Exploring Vectors, Embeddings, and Vector Databases

Chat with your data essential notions.

TL;DR

Explore the world of vectors, embeddings, and vector databases in mathematics, physics, and machine learning. Learn how to generate embeddings using Hugging Face Inference API and store them in vector databases for efficient retrieval. Discover the significance of vector databases in handling high-dimensional numerical vectors and their applications in various fields. Gain insights into retrieval-augmented generation (RAG) and indexing methods employed in vector databases.

Vectors

In mathematics and physics

According to Wikipedia Vector is: a term that refers colloquially to some quantities that cannot be expressed by a single number (a scalar), or to elements of some vector spaces.. Here you can play with vectors

In machine learning

According to Algolia’s documentation, vectors signify : input data, including bias and weight. In the same way, output from a machine-learning model (for example, a predicted class), can be put into vector format.

Here is another definition from IBM : Vectors are arrays of numbers that can represent complex objects like words, images, videos and audio, generated by a machine learning (ML) model. High-dimensional vector data is essential to machine learning, natural language processing (NLP) and other AI tasks

Vector space

Embeddings

Embeddings are numerical representations of documents, which can include various types such as text, images, videos, and audio. These embeddings capture semantic relationships and contextual information, enabling algorithms to perform tasks such as similarity analysis, recommendation systems, and natural language understanding.

Let’s embed(encode) the above paragraph using Hugging Face Inference API. If you want to follow along you need to create an account at Hugging Face . Also, an access token with write permission is required.

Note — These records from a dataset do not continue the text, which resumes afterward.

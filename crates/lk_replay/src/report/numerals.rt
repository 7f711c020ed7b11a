//! Numbers as text. `itoa` writes their digits, and a thread's number where it belongs: out of a
//! buffer it would have to be copied, which takes 12 to 40 % more instructions for a move.

ghost use Rattle.std.specs.Prelude.{◌≡◌, ◌+◌, ◌≤◌, ◌++◌, ◌∷◌, decimal, length, take};

use crate::report::text::put_block;
use itoa::write_digits;

/// Puts a count at the front of a place, and returns where it ends.
pub fn put_count(place: &mut [u8], count: u32) -> usize
    requires { 16 ≤ length place.old }
    ensures text { take result place.new ≡ decimal count }
    ensures most { result ≤ 16 }
{
    let mut digits = [0; 32];
    let start = write_digits(count as u64, &mut digits, 16);
    put_block::<16>(place, 0, &digits[start..], 16 - start)
}

/// Puts a thread's number into a place, from `at` on, and returns where it ends.
pub fn put_number(place: &mut [u8], at: usize, thread: u8) -> usize
    requires { at + 3 ≤ length place.old }
    ensures text { take result place.new ≡ take at place.old ++ decimal thread }
    ensures most { result ≤ at + 3 }
{
    let end = at + width(thread);
    write_digits(thread as u64, place, end);
    end
}

/// A byte and the digits of a thread's number, and how long that is.
pub fn thread_block(lead: u8, thread: u8) -> ([u8; 4], usize)
    ensures text { take result.1 result.0 ≡ lead ∷ decimal thread }
    ensures fits { result.1 ≤ 4 }
{
    let mut block = [lead; 4];
    let end = put_number(&mut block, 1, thread);
    (block, end)
}

/// The number of digits of a thread's number.
pub fn width(thread: u8) -> usize
    ensures digits { result ≡ length (decimal thread) }
    ensures few { result ≤ 3 }
{
    if thread >= 100 {
        3
    } else if thread >= 10 {
        2
    } else {
        1
    }
}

Using a tool such as Postman, you can generate the embedding by sending a POST request to the endpoint

 https://api-inference.huggingface.co/pipeline/feature-extraction/{model_id}

where model_id corresponds to

sentence-transformers/all-MiniLM-L6-v2
{
"inputs": "Embeddings are numerical representations of documents, ...",
"options":{
"wait_for_model": true
}
}

The generated embedding is a list of 384 numbers (dimensions of the data), representing the semantic meaning of the text.

{
[
-0.003196842037141323,
-0.07144313305616379,
0.06496944278478622,
...
]
}

The length of this list varies depending on the model employed. If OpenAI text-embedding-ada-002 model is utilized, the length of this list would be 1536 dimensions.

Depending on the index schema, additional fields, including the text and the equivalent embedding, must be stored in an index of a vector database for future retrieval. But what exactly is a vector database?

Vector Databases

Vector databases specialize in handling vector data, which are mathematical entities represented across multiple dimensions. They find extensive application in semantic searches, retrieval augmentation generation (RAG), and geographic information systems (GIS). Essentially, they enable the storage and retrieval of more relevant results in a highly scalable manner.

One of the most common ways to store and search over unstructured data is through vector databases.

At the core of a vector database is its ability to determine content that is close in meaning to a given query. This is achieved by first embedding the data and storing the resulting embedding vectors. During query time, an embedding is generated for the query, which is then used to query the stored data and retrieve the entries that are most similar to the embedded query.

In contrast to traditional databases, which store data in rows and columns, vector databases store data in the form of vectors. This difference in storage allows for more efficient handling of high-dimensional numerical vectors, which is essential for tasks such as similarity search and content recommendation.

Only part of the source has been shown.